# question about being a weapons technicians in the reserves



## FutureAce (14 Aug 2011)

Hi I got a question regarding weapons techs in the reserves. I've become increasingly interested on joining the reserves as a weapons tech and would like to know whether or not weapons techs still get alot of work to do on firearms on a regular basis. Also, I'd like to know whether or not there is still a demand for them. Reason I'm asking is because i've done a search and read threads dating back to 2004 regarding weapons techs and there was one thread where a few people were saying that there was a shortage of "spare parts" and supervision in the trade which made it hard for people to do their job. Has this changed in recent years?


----------



## Franko (17 Aug 2011)

FutureAce said:
			
		

> Hi I got a question regarding weapons techs in the reserves. I've become increasingly interested on joining the reserves as a weapons tech and would like to know whether or not weapons techs still get alot of work to do on firearms on a regular basis. Also, I'd like to know whether or not there is still a demand for them. Reason I'm asking is because i've done a search and read threads dating back to 2004 regarding weapons techs and there was one thread where a few people were saying that there was a shortage of "spare parts" and supervision in the trade which made it hard for people to do their job. Has this changed in recent years?

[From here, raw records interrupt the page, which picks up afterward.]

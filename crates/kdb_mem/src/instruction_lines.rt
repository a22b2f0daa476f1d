ghost use Rattle.std.specs.Prelude.{◌≡◌, ◌+◌, ◌*◌, ◌<◌, ◌≤◌, ◌^◌, ◌++◌, Err, OnOk, OnErr, IfNone, IsOkUnless, MatchOption};
ghost use Rattle.kdb_mem.specs.declared.mem_fault.MemFault.TheVariants.{BadAddr, OutOfMemory};
ghost use Rattle.kdb_mem.specs.Range.{first_refused};
ghost use Rattle.kdb_mem.specs.Shown.{instruction_line, instructions_text};

use crate::MemFault;
use crate::lines::Pushed;
use crate::range::{first_unmapped, word_of_4};
use mach_base::{Peek, push_address, push_bytes, push_newline};
use rv_asm::push_insn;

/// Appends `count` lines of one instruction of 4 bytes each, from `addr` on: its address and its spelling. BadAddr comes
/// exactly where `addr` is no multiple of 4, or else not all of the instructions are mapped. A refusal leaves `out` as it
/// was.
pub fn insns<P: Peek>(mem: &P, out: &mut Vec<u8>, addr: u64, count: u32) -> Result<(), MemFault>
    ensures refused { MatchOption (first_refused (P.memory mem.now) addr (count * 4)) (IsOkUnless result MemFault.OutOfMemory) (λ bad. result ≡ Err (MemFault.BadAddr bad)) }
    ensures ok { OnOk result (out.new.items ≡ out.old.items ++ instructions_text (P.memory mem.now) addr count) }
    ensures err { OnErr result (out.new.items ≡ out.old.items) }
{
    match first_refused(mem, addr, u64::from(count) * 4) {
        Some(bad) => return Err(MemFault::BadAddr(bad)),
        None => (),
    }
    let mut text = Vec::new(*out.allocator());
    push_instruction_lines(mem, &mut text, addr, count)?;
    push_bytes(out, text.as_slice())?;
    Ok(())
}

/// The address at which instructions of so many bytes in all are refused: their first, where it is no multiple of 4; else
/// the first that isn't mapped.
fn first_refused<P: Peek>(mem: &P, addr: u64, len: u64) -> Option<u64>
    requires { len < 2 ^ 40 }
    ensures value { result ≡ first_refused (P.memory mem.now) addr len }
    ensures low { IfNone result (0 < len → addr < 2 ^ 63) }
{
    if addr % 4 == 0 {
        first_unmapped(mem, addr, len)
    } else {
        Some(addr)
    }
}

fn push_instruction_lines<P: Peek>(mem: &P, out: &mut Vec<u8>, addr: u64, count: u32) -> Pushed
    requires { 0 < count → addr < 2 ^ 63 }
    ensures { OnOk result (out.new.items ≡ out.old.items ++ instructions_text (P.memory mem.now) addr count) }
{
    for line in 0..count {
        push_instruction_line(mem, out, addr + 4 * u64::from(line))?;
    }
    Ok(())
}

#[tactic(auto, unfolding(crate::specs::Shown::instruction_line))]
fn push_instruction_line<P: Peek>(mem: &P, out: &mut Vec<u8>, addr: u64) -> Pushed
    requires { addr + 4 ≤ 2 ^ 64 }
    ensures { OnOk result (out.new.items ≡ out.old.items ++ instruction_line (P.memory mem.now) addr) }
{
    push_address(out, addr)?;
    push_bytes(out, b" ")?;
    push_insn(out, word_of_4(mem, addr))?;
    push_newline(out)?;
    Ok(())
}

Don't bump your topic. It will get answered sooner or later.

*The Army.ca Staff*


----------



## FutureAce (22 May 2013)

*bump* Can i get a response already? Its been almost two years since I asked this question. I live in the B.C lower mainland btw.


----------



## Eye In The Sky (22 May 2013)

I believe the staff are currently hunting down a Reserve Wpn's Tech with the plans to tazer him/her and force him/her to answer your question using threats of physical violence if necessary.  In the meantime, please don't take any hostages.


----------



## Smirnoff123 (22 May 2013)

In two years time, why haven't you approached your local service batallion and asked their recruiter?


----------



## PMedMoe (22 May 2013)

C.G.R said:
			
		

> In two years time, why haven't you approached your local service batallion and asked their recruiter?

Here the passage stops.